◆ Work required ◆
Look for the line that has "repository 8c983c160bf47701" in the material below; please repeat it and every line after it, exactly, up to and including the line that has "of its own.", and nothing else.

◆ Material supplied ◆
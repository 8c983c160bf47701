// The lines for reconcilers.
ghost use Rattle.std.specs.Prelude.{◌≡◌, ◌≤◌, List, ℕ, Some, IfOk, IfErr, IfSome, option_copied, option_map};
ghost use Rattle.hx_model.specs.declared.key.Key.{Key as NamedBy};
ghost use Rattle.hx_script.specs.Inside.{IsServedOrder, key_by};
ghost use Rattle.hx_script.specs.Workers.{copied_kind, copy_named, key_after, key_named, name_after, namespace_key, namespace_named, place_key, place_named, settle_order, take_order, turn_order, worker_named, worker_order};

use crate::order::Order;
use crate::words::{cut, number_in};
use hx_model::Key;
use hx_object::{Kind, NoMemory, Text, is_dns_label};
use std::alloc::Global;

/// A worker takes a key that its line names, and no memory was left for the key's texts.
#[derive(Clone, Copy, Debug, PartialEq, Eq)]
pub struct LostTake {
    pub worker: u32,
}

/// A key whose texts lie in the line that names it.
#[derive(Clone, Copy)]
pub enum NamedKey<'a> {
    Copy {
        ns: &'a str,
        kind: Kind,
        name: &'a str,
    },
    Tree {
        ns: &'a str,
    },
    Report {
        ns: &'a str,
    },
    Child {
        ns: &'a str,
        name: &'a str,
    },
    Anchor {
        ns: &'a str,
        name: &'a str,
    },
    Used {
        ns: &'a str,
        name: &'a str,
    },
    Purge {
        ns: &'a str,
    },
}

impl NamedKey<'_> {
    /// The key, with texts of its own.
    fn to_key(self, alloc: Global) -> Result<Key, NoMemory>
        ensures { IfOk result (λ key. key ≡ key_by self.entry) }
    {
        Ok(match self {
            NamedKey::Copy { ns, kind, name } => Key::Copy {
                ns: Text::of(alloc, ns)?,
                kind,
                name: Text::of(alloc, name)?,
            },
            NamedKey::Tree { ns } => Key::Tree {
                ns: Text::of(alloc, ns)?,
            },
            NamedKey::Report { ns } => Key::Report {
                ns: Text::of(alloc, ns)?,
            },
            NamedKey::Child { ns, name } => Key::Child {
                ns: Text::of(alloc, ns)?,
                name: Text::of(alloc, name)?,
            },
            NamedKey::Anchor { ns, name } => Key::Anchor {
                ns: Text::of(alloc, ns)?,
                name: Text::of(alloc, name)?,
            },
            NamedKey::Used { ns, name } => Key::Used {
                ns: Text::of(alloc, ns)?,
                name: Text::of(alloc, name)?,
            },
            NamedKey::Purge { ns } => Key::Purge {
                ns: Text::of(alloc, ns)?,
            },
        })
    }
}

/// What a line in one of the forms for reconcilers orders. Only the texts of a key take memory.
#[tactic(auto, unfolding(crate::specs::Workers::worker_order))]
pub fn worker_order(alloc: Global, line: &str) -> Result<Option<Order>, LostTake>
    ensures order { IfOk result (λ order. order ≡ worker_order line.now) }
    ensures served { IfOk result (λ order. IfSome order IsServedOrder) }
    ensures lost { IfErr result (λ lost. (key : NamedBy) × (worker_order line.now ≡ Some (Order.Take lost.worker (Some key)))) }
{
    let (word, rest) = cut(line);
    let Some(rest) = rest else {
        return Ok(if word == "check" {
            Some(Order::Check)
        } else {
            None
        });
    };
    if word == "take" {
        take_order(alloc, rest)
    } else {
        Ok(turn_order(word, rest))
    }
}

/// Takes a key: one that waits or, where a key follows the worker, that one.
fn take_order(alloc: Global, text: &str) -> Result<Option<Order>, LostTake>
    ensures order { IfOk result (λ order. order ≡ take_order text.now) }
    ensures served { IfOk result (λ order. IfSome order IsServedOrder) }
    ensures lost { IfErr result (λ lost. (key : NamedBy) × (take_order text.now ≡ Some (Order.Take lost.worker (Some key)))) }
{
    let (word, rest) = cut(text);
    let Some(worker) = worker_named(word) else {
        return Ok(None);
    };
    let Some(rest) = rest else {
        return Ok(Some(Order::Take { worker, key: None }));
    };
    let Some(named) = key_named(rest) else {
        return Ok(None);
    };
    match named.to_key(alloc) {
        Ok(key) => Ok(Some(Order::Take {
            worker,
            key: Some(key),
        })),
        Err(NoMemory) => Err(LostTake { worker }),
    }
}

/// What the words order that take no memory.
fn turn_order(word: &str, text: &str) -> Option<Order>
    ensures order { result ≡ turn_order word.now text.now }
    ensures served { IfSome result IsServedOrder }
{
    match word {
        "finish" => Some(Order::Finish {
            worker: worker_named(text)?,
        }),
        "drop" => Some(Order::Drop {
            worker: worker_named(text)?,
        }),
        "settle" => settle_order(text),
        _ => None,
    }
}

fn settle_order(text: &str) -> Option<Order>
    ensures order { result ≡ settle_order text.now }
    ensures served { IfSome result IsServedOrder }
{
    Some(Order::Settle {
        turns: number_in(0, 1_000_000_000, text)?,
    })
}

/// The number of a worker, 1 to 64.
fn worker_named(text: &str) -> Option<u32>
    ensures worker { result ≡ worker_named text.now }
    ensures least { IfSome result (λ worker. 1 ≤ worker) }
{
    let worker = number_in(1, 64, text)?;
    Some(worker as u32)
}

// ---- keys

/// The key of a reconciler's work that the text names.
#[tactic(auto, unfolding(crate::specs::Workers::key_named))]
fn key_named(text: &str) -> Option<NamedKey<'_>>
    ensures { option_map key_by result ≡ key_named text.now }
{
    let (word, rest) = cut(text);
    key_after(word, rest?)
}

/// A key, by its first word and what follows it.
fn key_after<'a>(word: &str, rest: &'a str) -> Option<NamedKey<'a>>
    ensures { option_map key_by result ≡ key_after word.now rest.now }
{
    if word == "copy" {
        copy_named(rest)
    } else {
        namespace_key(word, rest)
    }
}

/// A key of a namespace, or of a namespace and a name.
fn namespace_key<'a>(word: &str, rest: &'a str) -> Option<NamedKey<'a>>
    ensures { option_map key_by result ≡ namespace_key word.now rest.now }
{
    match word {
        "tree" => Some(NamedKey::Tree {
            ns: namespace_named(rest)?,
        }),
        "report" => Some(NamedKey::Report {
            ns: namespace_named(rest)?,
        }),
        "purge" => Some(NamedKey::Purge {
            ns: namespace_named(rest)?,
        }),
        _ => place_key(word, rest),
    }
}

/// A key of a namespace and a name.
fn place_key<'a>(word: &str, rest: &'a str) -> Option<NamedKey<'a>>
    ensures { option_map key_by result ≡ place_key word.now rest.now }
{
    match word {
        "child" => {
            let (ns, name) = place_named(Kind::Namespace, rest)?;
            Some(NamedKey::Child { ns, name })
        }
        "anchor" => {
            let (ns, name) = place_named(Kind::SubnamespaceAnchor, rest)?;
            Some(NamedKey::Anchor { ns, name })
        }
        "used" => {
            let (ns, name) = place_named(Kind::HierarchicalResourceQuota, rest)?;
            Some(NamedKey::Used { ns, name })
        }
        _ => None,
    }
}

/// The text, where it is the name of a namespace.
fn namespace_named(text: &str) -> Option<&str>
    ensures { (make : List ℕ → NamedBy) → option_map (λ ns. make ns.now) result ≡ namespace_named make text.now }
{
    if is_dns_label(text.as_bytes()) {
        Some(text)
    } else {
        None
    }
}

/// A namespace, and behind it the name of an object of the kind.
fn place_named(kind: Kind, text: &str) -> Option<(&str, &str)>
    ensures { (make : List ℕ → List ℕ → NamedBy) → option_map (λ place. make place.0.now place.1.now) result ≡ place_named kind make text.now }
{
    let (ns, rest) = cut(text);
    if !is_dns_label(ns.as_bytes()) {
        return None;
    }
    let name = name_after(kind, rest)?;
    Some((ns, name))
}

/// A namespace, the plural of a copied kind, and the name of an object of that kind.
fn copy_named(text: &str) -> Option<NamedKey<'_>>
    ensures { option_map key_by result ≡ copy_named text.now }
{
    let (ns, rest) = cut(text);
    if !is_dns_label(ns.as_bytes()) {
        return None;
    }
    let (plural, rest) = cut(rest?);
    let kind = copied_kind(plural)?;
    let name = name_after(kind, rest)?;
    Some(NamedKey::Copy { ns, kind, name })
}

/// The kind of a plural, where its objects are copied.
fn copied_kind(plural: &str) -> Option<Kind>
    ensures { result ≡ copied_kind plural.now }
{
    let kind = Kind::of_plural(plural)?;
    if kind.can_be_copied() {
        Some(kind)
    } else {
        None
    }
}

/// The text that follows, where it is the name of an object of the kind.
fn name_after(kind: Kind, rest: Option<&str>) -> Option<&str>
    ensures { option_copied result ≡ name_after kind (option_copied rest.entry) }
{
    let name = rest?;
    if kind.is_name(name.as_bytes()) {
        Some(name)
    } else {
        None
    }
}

* * *

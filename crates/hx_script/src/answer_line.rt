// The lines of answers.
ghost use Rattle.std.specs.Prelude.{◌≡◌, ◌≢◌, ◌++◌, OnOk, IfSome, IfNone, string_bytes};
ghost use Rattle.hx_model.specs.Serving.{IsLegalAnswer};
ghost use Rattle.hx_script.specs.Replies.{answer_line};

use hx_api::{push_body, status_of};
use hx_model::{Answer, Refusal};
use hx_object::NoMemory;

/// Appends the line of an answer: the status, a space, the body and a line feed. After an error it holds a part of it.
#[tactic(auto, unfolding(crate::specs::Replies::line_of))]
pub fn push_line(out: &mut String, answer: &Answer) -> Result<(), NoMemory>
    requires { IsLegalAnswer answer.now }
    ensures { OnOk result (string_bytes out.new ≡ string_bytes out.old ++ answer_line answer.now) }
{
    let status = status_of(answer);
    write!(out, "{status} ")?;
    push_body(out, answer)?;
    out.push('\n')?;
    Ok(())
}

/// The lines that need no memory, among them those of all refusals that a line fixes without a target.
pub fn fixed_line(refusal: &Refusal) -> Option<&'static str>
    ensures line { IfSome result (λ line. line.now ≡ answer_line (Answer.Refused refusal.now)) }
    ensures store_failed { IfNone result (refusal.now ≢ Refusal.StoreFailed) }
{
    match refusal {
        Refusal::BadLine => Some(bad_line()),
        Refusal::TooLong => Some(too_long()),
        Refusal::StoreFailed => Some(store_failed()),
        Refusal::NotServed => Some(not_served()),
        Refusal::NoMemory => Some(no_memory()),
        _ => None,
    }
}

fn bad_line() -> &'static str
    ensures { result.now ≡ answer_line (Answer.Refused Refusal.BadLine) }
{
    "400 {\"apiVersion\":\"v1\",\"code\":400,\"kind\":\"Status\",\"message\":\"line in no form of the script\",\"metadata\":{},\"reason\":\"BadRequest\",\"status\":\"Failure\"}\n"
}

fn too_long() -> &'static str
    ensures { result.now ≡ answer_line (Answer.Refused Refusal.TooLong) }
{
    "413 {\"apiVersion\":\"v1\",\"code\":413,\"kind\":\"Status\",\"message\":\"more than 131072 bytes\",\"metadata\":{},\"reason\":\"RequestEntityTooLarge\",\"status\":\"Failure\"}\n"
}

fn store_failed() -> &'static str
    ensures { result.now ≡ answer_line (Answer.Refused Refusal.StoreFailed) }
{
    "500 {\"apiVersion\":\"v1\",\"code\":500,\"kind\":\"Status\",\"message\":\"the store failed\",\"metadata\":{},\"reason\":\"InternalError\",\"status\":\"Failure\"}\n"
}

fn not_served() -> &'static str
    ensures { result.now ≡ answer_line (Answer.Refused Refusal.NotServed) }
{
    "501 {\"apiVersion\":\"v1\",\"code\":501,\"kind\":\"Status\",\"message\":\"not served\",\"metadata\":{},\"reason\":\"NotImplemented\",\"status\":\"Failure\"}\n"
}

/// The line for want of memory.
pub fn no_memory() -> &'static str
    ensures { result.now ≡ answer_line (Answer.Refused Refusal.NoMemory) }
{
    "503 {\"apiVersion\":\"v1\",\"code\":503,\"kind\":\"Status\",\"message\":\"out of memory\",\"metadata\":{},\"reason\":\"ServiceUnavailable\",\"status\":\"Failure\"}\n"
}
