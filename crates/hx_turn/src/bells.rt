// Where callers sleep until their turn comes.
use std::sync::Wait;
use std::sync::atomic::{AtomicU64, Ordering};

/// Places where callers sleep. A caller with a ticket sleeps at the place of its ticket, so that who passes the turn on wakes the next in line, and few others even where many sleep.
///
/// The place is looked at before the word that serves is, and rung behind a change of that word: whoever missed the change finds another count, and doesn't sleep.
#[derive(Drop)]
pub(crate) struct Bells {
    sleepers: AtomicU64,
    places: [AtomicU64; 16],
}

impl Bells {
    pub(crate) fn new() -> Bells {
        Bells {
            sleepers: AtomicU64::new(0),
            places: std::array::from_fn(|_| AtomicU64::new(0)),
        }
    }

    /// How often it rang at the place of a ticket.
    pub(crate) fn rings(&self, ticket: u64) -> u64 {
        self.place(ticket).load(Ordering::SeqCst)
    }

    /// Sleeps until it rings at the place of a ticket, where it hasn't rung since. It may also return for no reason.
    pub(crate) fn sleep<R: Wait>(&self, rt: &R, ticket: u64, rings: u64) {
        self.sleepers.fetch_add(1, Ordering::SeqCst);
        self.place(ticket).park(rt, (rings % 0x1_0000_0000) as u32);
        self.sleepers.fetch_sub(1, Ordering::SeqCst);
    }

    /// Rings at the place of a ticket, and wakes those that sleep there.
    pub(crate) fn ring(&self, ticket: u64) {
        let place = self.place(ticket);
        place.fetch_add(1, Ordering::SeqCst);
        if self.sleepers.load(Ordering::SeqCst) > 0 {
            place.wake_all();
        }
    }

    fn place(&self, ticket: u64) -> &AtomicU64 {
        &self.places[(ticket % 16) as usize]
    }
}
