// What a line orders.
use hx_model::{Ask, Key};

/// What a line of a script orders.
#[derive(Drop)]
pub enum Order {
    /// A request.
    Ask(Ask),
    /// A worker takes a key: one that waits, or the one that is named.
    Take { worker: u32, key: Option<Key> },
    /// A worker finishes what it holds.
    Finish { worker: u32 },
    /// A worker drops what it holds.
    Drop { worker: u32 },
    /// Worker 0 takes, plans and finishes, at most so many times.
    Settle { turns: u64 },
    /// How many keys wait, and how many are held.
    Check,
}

◆ Exercise answer ◆
repository 8c983c160bf47701
// The lines for reconcilers.
ghost use Rattle.std.specs.Prelude.{◌≡◌, ◌≤◌, List, ℕ, Some, IfOk, IfErr, IfSome, option_copied, option_map};
ghost use Rattle.hx_model.specs.declared.key.Key.{Key as NamedBy};
ghost use Rattle.hx_script.specs.Inside.{IsServedOrder, key_by};
ghost use Rattle.hx_script.specs.Workers.{copied_kind, copy_named, key_after, key_named, name_after, namespace_key, namespace_named, place_key, place_named, settle_order, take_order, turn_order, worker_named, worker_order};

use crate::order::Order;
use crate::words::{cut, number_in};
use hx_model::Key;
use hx_object::{Kind, NoMemory, Text, is_dns_label};
use std::alloc::Global;

/// A worker takes a key that its line names, and no memory was left for the key's texts.
#[derive(Clone, Copy, Debug, PartialEq, Eq)]
pub struct LostTake {
    pub worker: u32,
}

/// A key whose texts lie in the line that names it.
#[derive(Clone, Copy)]
pub enum NamedKey<'a> {
    Copy {
        ns: &'a str,
        kind: Kind,
        name: &'a str,
    },
    Tree {
        ns: &'a str,
    },
    Report {
        ns: &'a str,
    },
    Child {
        ns: &'a str,
        name: &'a str,
    },
    Anchor {
        ns: &'a str,
        name: &'a str,
    },
    Used {
        ns: &'a str,
        name: &'a str,
    },
    Purge {
        ns: &'a str,
    },
}

impl NamedKey<'_> {
    /// The key, with texts of its own.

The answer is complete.